Sieben Monate nach der größten Naturkatastrophe der Landesgeschichte hat das von Innenminister Herbert Reul eingesetzte Kompetenzteam Katastrophenschutz seinen Abschlussbericht vorgelegt. Auf knapp 30 Seiten finden sich detaillierte Empfehlungen, wie sich der nordrhein-westfälische Katastrophenschutz neu aufstellen könnte. Reul hatte das Kompetenzteam im September 2021 eingesetzt. Ziel war – ausgehend von den Erfahrungen aus der Flutkatastrophe, aber nicht darauf beschränkt – Probleme im Katastrophenschutz zu benennen und Verbesserungsvorschläge zu machen.
Innenminister Reul: „Es wäre unmenschlich, würden wir nicht aus der Vergangenheit lernen. Egal, was morgen über uns hereinbricht – wir wollen vorbereitet sein; für diese Zukunftsaufgabe hat das Kompetenzteam eine enorme Vorarbeit geleistet. Der Abschlussbericht ist quasi ein 15-Punkte-Plan für kommende Katastrophen.“
Unter anderem sieht der 15-Punkte-Plan Folgendes vor:
- Digitalisierungsoffensive Katastrophenschutz:
Landesweit einheitliche Vernetzung und Digitalisierung aller lagerelevanten Daten mit dem Ziel, ein „Landeslagebild Brand- und Katastrophenschutz“ inklusive Risikoprognose einzuführen.
- Mehr Koordinierung durch das Land:
Gründung einer Crisis Response Unit und eines nicht-polizeilichen, operativ-taktischen Führungsstabs auf Landesebene. Reul: „Gewissermaßen ein landeseigenes Krisenreaktionszentrum.“ Diese Struktur könnte stärkere Steuerungsaufgaben übernehmen; auch könnte aus ihr im Katastrophenfall der Krisenstab der Landesregierung samt der zentralen Einrichtung zum Lagemanagement aufwachsen.
- Bessere Risikoabschätzung durch verbindliche Planung:
Einführung einer Katastrophenschutzbedarfsplanung mit verbindlichen Risikoanalysen, Szenarien und Warnkonzepten auf Ebene der Kreise und kreisfreien Städte.
- Informationen auf Knopfdruck:
Schaffung direkter und unmissverständlicher Eingriffsmöglichkeiten in den Hörfunk durch Änderung des WDR-Gesetzes und des Landesmediengesetzes.
- Verbesserung der administrativen Führungsfähigkeit:
Die Verwaltung soll auf Katastrophen vorbereitet werden. Dazu zählen die Einrichtung von Stäben für außergewöhnliche Ereignisse, Rahmenalarm- und Einsatzpläne sowie die regelmäßige Durchführung von Krisenmanagementübungen.
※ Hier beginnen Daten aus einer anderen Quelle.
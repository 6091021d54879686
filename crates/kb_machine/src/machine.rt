//! The machine, and what it plans for a command.
ghost use Rattle.std.specs.Prelude.{◌≡◌, ◌↔◌, true, IfOk, IfErr, IfSome, OnOk, OnErr, [], None, Some};
ghost use Rattle.kb_book.specs.Books.{BookValue};
ghost use Rattle.kb_book.specs.Rows.{IsUnprepared};
ghost use Rattle.kb_book.specs.declared.reply.LaneReply.TheVariants as replies;
ghost use Rattle.kb_book.specs.BilledBooks.{IsBilled};
ghost use Rattle.kb_account.specs.Issues.{IsSettlement};
ghost use Rattle.kb_account.specs.Prepares.{is_opening};
ghost use Rattle.kb_machine.specs.Judged.{New, refusal_in, lifted};
ghost use Rattle.kb_machine.specs.Machines.{MachineValue, no_machine, judged, account_judged};
ghost use Rattle.kb_machine.specs.Machines.{book_of, with_book, book_judged};
ghost use Rattle.kb_codec.specs.Senders.{is_text, account_of};
ghost use Rattle.kb_machine.specs.Plans.{plan_judged, changed, change_reply, IsThere, IsDueIn, Fits};
ghost use Rattle.kb_machine.specs.Private.KnownBooks.{IsBilledOf};

use crate::account::account_of;
use crate::books::Books;
use crate::change::{Change, Opened, Planned};
use crate::due_book::DueBook;
use crate::kept_text::KeptText;
use kb_account::{Book, Prepared, World};
use kb_base::NoMemory;
use kb_book::{LaneReply, Refusal, Unprepared};
use kb_catalog::Catalog;
use kb_codec::{Action, Command};
use kb_days::{Day, Name};
use kb_overdue::Config;
use kb_sharing::SharedMap;
use std::alloc::Global;
use std::marker::Model;

/// The most accounts that a machine has.
pub const MAX_ACCOUNTS: usize = 100_000;

/// The texts of a shop and the books of its accounts. Contracts see it as the definitions do.
pub struct Machine {
    pub(crate) world: World,
    pub(crate) catalogs: SharedMap<Name, KeptText>,
    pub(crate) overdues: SharedMap<Name, KeptText>,
    books: Books,
    /// The account whose book is known to be billed by the texts: the last one that changed, unless the
    /// texts did since.
    billed: Option<Name>,
}

impl Model for Machine {
    ghost use Rattle.std.specs.FinMap.{entries};
    ghost use Rattle.kb_machine.specs.Machines.{MachineValue};
    ghost use Rattle.kb_machine.specs.Private.KnownBooks.{IsKnown};

    ghost Value = { MachineValue };

    ghost view = { λ machine. record {
      texts = record {
        world = machine.world;
        catalogs = entries machine.catalogs;
        overdues = entries machine.overdues;
      };
      books = machine.books;
    } };

    ghost invariant = { λ machine. IsKnown machine.world machine.books machine.billed };
}

impl Drop for Machine {
    /// Drops all that it holds. No crate above has to show again how that is dropped.
    fn drop(self) {
        let Machine {
            world: _world,
            catalogs: _catalogs,
            overdues: _overdues,
            books: _books,
            billed: _billed,
        } = self;
    }
}

impl Machine {
    /// A machine before any command.
    #[tactic(auto, using(crate::proofs::KeptTexts::none_kept))]
    pub fn new(alloc: Global) -> Machine
        ensures { result ≡ no_machine }
    {
        Machine {
            world: World {
                catalog: Catalog::new(alloc),
                overdue: no_states(alloc),
            },
            catalogs: SharedMap::new(),
            overdues: SharedMap::new(),
            books: Books::new(alloc),
            billed: None,
        }
    }

    /// What is planned for a command that comes on a day. An `Err` is the first refusal, or comes if memory
    /// runs out. Nothing is changed.
    pub fn prepare(
        &self,
        alloc: Global,
        today: Day,
        command: &Command,
    ) -> Result<Planned, Unprepared>
        ensures judged { IfOk result (λ planned. judged self.now today command.now
            ≡ plan_judged self.now planned) }
        ensures fits { IfOk result (Fits self.now) }
        ensures refused { IfErr result (IsUnprepared (refusal_in (judged self.now today command.now))) }
    {
        match account_of(command) {
            Some(account) => self.plan_account(alloc, today, command, account),
            None => self.plan_text(alloc, today, command),
        }
    }

    /// The book of an account, and the items that bring it up to what is due, as it stands. None comes if it
    /// isn't there, or memory runs out.
    pub fn due_book(&self, alloc: Global, account: &Name) -> Option<DueBook<'_>>
        ensures { IfSome result (IsDueIn self.now account.now) }
    {
        let billed = self.is_billed(account);
        let book = self.books.get(account)?;
        match book.issue(alloc, &self.world, billed) {
            Ok(issue) => Some(DueBook { book, issue }),
            Err(_) => None,
        }
    }

    /// What a settlement changes, as `prepare` plans it; the book of its account is at hand, with the items
    /// that are due. None comes if it is refused, or memory runs out.
    pub fn prepare_settlement(
        &self,
        alloc: Global,
        today: Day,
        command: &Command,
        account: Name,
        due: &DueBook,
    ) -> Option<Change>
        requires settlement { IsSettlement command.now }
        requires named { account ≡ account_of command.now }
        requires due { IsDueIn self.now account due.now }
        ensures judged { IfSome result (λ change. judged self.now today command.now
            ≡ New (change_reply change) (changed self.now change)) }
        ensures there { IfSome result (IsThere self.now) }
    {
        let DueBook { book, issue } = due;
        match book.prepare_settlement(alloc, &self.world, today, command, issue) {
            Ok(next) => Some(Change::Book { account, next }),
            Err(_) => None,
        }
    }

    /// Takes in a change that was planned for this machine as it stands, and gives the reply. It takes no
    /// memory.
    pub fn commit(&mut self, change: Change) -> LaneReply
        requires there { IsThere self.old change }
        ensures machine { self.new ≡ changed self.old change }
        ensures reply { result ≡ change_reply change }
    {
        match change {
            Change::Catalog {
                catalog,
                keys,
                number,
            } => {
                self.world.catalog = catalog;
                self.catalogs = keys;
                self.billed = None;
                LaneReply::Version(number)
            }
            Change::Overdue {
                config,
                keys,
                number,
            } => {
                self.world.overdue = config;
                self.overdues = keys;
                self.billed = None;
                LaneReply::States(number)
            }
            Change::Book { account, next } => {
                self.billed = Some(account);
                LaneReply::Accepted(self.books.commit(&account, next))
            }
        }
    }

    /// Adds an account that is opened. Out of memory, the machine is as it was.
    pub fn open(&mut self, account: Name, book: Book) -> Result<(), NoMemory>
        ensures ok { OnOk result (self.new ≡ with_book self.old account book) }
        ensures err { OnErr result (self.new ≡ self.old) }
    {
        self.billed = None;
        self.books.insert(account, book)
    }

    /// Takes out an account that was opened.
    pub fn take_back(&mut self, account: &Name)
        ensures { (before : MachineValue) (book : BookValue) → book_of before account.now ≡ None
            → self.old ≡ with_book before account.now book → self.new ≡ before }
    {
        self.billed = None;
        self.books.remove(account);
    }

    /// What the texts say.
    pub fn world(&self) -> &World
        ensures { result.now ≡ self.now.texts.world }
    {
        &self.world
    }

    /// The books of the accounts.
    pub fn books(&self) -> &Books
        ensures { result.now ≡ self.now.books }
    {
        &self.books
    }

    /// Whether the book of an account is known to be billed by the texts.
    fn is_billed(&self, account: &Name) -> bool
        ensures { result ≡ true → IsBilledOf self.now.texts.world (book_of self.now account.now) }
    {
        is_of(&self.billed, account)
    }

    /// What is planned for a command on an account.
    fn plan_account(
        &self,
        alloc: Global,
        today: Day,
        command: &Command,
        account: Name,
    ) -> Result<Planned, Unprepared>
        requires named { account ≡ account_of command.now }
        ensures judged { IfOk result (λ planned. account_judged self.now today command.now
            ≡ plan_judged self.now planned) }
        ensures fits { IfOk result (Fits self.now) }
        ensures refused { IfErr result (IsUnprepared (refusal_in
            (account_judged self.now today command.now))) }
    {
        match self.books.get(&account) {
            Some(book) => {
                let billed = self.is_billed(&account);
                planned_on(book, alloc, &self.world, today, command, account, billed)
            }
            None => self.plan_opening(alloc, today, command, account),
        }
    }

    /// What is planned for a command on an account that isn't there.
    #[tactic(auto, using(crate::proofs::Openings::opened_account))]
    fn plan_opening(
        &self,
        alloc: Global,
        today: Day,
        command: &Command,
        account: Name,
    ) -> Result<Planned, Unprepared>
        requires named { account ≡ account_of command.now }
        requires absent { book_of self.now account ≡ None }
        ensures judged { IfOk result (λ planned. account_judged self.now today command.now
            ≡ plan_judged self.now planned) }
        ensures fits { IfOk result (Fits self.now) }
        ensures refused { IfErr result (IsUnprepared (refusal_in
            (account_judged self.now today command.now))) }
    {
        if !is_opening(command) {
            return Err(Unprepared::Refused(Refusal::NoAccount));
        }
        if self.books.len() >= MAX_ACCOUNTS {
            return Err(Unprepared::Refused(Refusal::Limit {
                which: 1,
                limit: MAX_ACCOUNTS as u32,
            }));
        }
        let (book, answer) = Book::first(alloc, command)?;
        Ok(Planned::Opened(Opened {
            account,
            book,
            answer,
        }))
    }

    /// What is planned for a text.
    #[tactic(auto, using(crate::proofs::TextRefusals::refused_catalog, crate::proofs::TextRefusals::refused_overdue), unfolding(crate::specs::Machines::judged))]
    fn plan_text(&self, alloc: Global, today: Day, command: &Command) -> Result<Planned, Unprepared>
        requires text { is_text command.now ≡ true }
        ensures judged { IfOk result (λ planned. judged self.now today command.now
            ≡ plan_judged self.now planned) }
        ensures fits { IfOk result (Fits self.now) }
        ensures refused { IfErr result (IsUnprepared (refusal_in (judged self.now today command.now))) }
    {
        match command {
            Command::Catalog(text) => self.plan_catalog(alloc, command, text),
            Command::OverdueRules(text) => self.plan_overdue(alloc, command, text),
            _ => unreachable!(),
        }
    }
}

/// Whether a command opens an account.
fn is_opening(command: &Command) -> bool
    ensures { result ≡ is_opening command.now }
{
    match command {
        Command::Act { action, .. } => match action {
            Action::OpenAccount(_) => true,
            _ => false,
        },
        _ => false,
    }
}

/// What is planned for a command on an account that is there, and may be known to be billed.
fn planned_on(
    book: &Book,
    alloc: Global,
    world: &World,
    today: Day,
    command: &Command,
    account: Name,
    billed: bool,
) -> Result<Planned, Unprepared>
    requires known { billed ≡ true → IsBilled world.now book.now }
    ensures judged { IfOk result (λ planned. (machine : MachineValue) → machine.texts.world ≡ world.now
        → book_of machine account ≡ Some book.now → lifted replies.Accepted (with_book machine account)
        (book_judged world.now book.now today command.now) ≡ plan_judged machine planned) }
    ensures fits { IfOk result (λ planned. (machine : MachineValue) → machine.texts.world ≡ world.now
        → book_of machine account ≡ Some book.now → Fits machine planned) }
    ensures refused { IfErr result (IsUnprepared
        (refusal_in (book_judged world.now book.now today command.now))) }
{
    match book.prepare(alloc, world, today, command, billed)? {
        Prepared::Next(next) => Ok(Planned::Change(Change::Book { account, next })),
        Prepared::Kept(answer) => Ok(Planned::Again(LaneReply::Accepted(answer))),
    }
}

/// Whether this account is the one that is named, if one is.
fn is_of(named: &Option<Name>, account: &Name) -> bool
    ensures { (result ≡ true) ↔ (named.now ≡ Some account.now) }
{
    match named {
        Some(name) => name == account,
        None => false,
    }
}

/// No overdue states.
#[tactic(auto, using(crate::proofs::NoStates::are_states))]
fn no_states(alloc: Global) -> Config
    ensures { result ≡ [] }
{
    match Config::check(Vec::new(alloc)) {
        Ok(config) => config,
        Err(_) => unreachable!(),
    }
}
Innenminister Herbert Reul: „Nicht alles ist sofort und eins zu eins umsetzbar, aber wir werden jeden einzelnen Vorschlag prüfen. Für einige Punkte braucht es Gesetzesänderungen, andere können schnell in die Realität umgesetzt werden und so manches machen wir auch schon.“ Und weiter: „Vor allem das geballte Wissen unterschiedlicher Disziplinen überzeugt mich. Der Bericht des Kompetenzteams ist ein breiter Konsens aller Beteiligten und das ist für die Umsetzung eine wichtige Voraussetzung.“
Insgesamt 13 Experten aus verschiedenen Organisationen und Verbänden gehörten dem Kompetenzteam an. Vor allem drei Probleme galt es zu lösen: Katastrophen verlässlicher vorherzusagen, Warnungen zu verbessern, ebenso wie die Kräfteverteilung zu optimieren. Die Arbeit des Kompetenzteams beschränkte sich dabei nicht nur auf die Analyse der Unwetterkatastrophe vom 14. und 15. Juli 2021. Neben Hochwasserlagen und Starkregenereignissen berücksichtigten die Experten auch andere Extremereignisse wie Waldbrände, Stürme, Dürren, Ausfälle kritischer Infrastrukturen und auch „neue“ Bedrohungen wie etwa Cyberangriffe.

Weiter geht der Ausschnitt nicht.